I find myself having to deal with lookup tables to preserve
space and speed up queries.  Something like:

create table test (
somedate DATE,
long_column_id INT UNSIGNED,
);

create table longcol_lookup (
 long_column_id_id INT UNSIGNED AUTO_INCREMENT NOT NULL PRIMARY KEY,
 long_column CHAR(128)
);

If I have a table with 10 million records but only 1000 distinct
values for long_column I am wasting lots of space and queries
take a long time without the lookup table.

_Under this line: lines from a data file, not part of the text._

//! replay FILE..: the library's calls on stored cases. A file has a case a line, and each line is
//! answered by one. In the stored run the files are those of data/, and stdout has the answers that
//! they are held to, one file after the other (compare/README.md).
#![tactic(auto)]

mod case;
mod cutting;
mod judging;
mod lent;
mod line;
mod listed;
mod numbers;
mod places;
mod tables;
mod texts;
mod times;

use case::{Case, Fault};
use line::Line;
use reading::Failure;
use std::alloc::{AllocError, Global};
use std::io::{BufRead, BufReader, BufWriter, Write};
use std::process::ExitCode;
use std::rt::Files;
use std::{env, fs, io, str};

// The call that a case names, of its arguments.
fn call(case: &mut Case<'_>, line: &mut Line) -> Result<(), Fault> {
    match str::from_utf8(case.word()).or(Err(Fault::Malformed))? {
        "is_utc_second" => numbers::is_utc_second(case, line),
        "ticks_to_us" => numbers::ticks_to_us(case, line),
        "box_size" => places::box_size(case, line),
        "children" => places::children(case, line),
        "child" => places::child(case, line),
        "find_box" => places::find_box(case, line),
        "table_text" => places::table_text(case, line),
        "cut" => cutting::cut(case, line),
        "cuts" => cutting::cuts(case, line),
        "join" => cutting::join(case, line),
        "merge" => cutting::merge(case, line),
        "origin" => cutting::origin(case, line),
        "origins" => cutting::origins(case, line),
        "video_frame_times_of_moov" => times::video_frame_times_of_moov(case, line),
        "mcraw_times" => times::mcraw_times(case, line),
        "check" => tables::check(case, line),
        "segment_of_frame" => tables::segment_of_frame(case, line),
        "segment_of_frame_records" => tables::segment_of_frame_records(case, line),
        "segments_of_frames" => tables::segments_of_frames(case, line),
        "segment_of_time_us" => tables::segment_of_time_us(case, line),
        "continues" => tables::continues(case, line),
        "rows_of_table" => tables::rows_of_table(case, line),
        "read_table" => texts::read_table(case, line),
        "validate_no_video" => judging::validate_no_video(case, line),
        "validate_constant" => judging::validate_constant(case, line),
        "validate_times" => judging::validate_times(case, line),
        "check_mcraw" => judging::check_mcraw(case, line),
        _ => Err(Fault::Malformed),
    }
}

// The line of the answer to a case, malformed where it is none.
fn answer(alloc: Global, text: &[u8]) -> Result<String, AllocError> {
    let mut line = Line::new(alloc);
    match call(&mut Case::new(alloc, text), &mut line) {
        Ok(()) => line.ended(),
        Err(Fault::Malformed) => "malformed".to_string(alloc),
        Err(Fault::OutOfMemory) => Err(AllocError),
    }
}

// Answers all cases of a file, a line each. They are bytes: one that is no text is malformed, and
// those after it are answered.
fn replay<R: Files + AllocGlobal + Print>(rt: &R, name: &str) -> Result<(), Failure> {
    let file = fs::open(rt, name).map_err(Failure::Input)?;
    let cases = BufReader::new(rt.alloc(), file).map_err(Failure::Input)?;
    let mut out = BufWriter::new(rt.alloc(), io::writer(rt)).map_err(Failure::Input)?;
    for case in cases.split(rt.alloc(), b'\n') {
        let case = case.map_err(Failure::Input)?;
        let line = answer(rt.alloc(), case.as_slice()).map_err(lacking)?;
        writeln!(out, "{line}").map_err(Failure::Output)?;
    }
    out.flush().map_err(Failure::Output)
}

// Memory that is lacking for an answer.
fn lacking(error: AllocError) -> Failure {
    Failure::Input(io::Error::from(error))
}

// Answers the files that are named, up to the first that can't be opened or read, or whose answers
// can't be written.
fn main(rt: HostRuntime) -> io::Result<ExitCode> {
    for name in env::args(&rt)?.skip(1) {
        match replay(&rt, name.as_str()) {
            Ok(()) => {}
            Err(Failure::Input(error)) => {
                eprintln!(rt; "replay: {name}: {error}")?;
                return Ok(ExitCode::FAILURE);
            }
            Err(Failure::Output(_)) => return Ok(reading::say_unwritten(&rt)),
        }
    }
    Ok(ExitCode::SUCCESS)
}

If I create the lookup table, queries are more complicated
(have to join tables), in addition, inserts and updates are
more difficult because now I have to do a lookup and if the
lookup fails, I have to insert a new record into the lookup
table before I can insert into the main table.  Thats a lot
of application logic that could be avoided if the dbms transparently
handled the lookup stuff in its engine.

So the idea is to make such lookup tables transparent.  That is,
the dbms engine will create them on the fly.  If the dbms detects
lots of repeating values and average datasize > say 8 bytes, then
it will make that column an int or long which will be used
as a pointer into a datastore of values.  Perhaps the initial
conversion to this internal lookup table can be done when
OPTIMIZE TABLE is run?  

The fact that mysql has created an internal lookup table should
be hidden from the user.  The user doesn't have direct access to
the lookup table, and everything works the same as it does now.

What do you think of the idea?  Has anyone ever heard of a dbms
that already does something like that?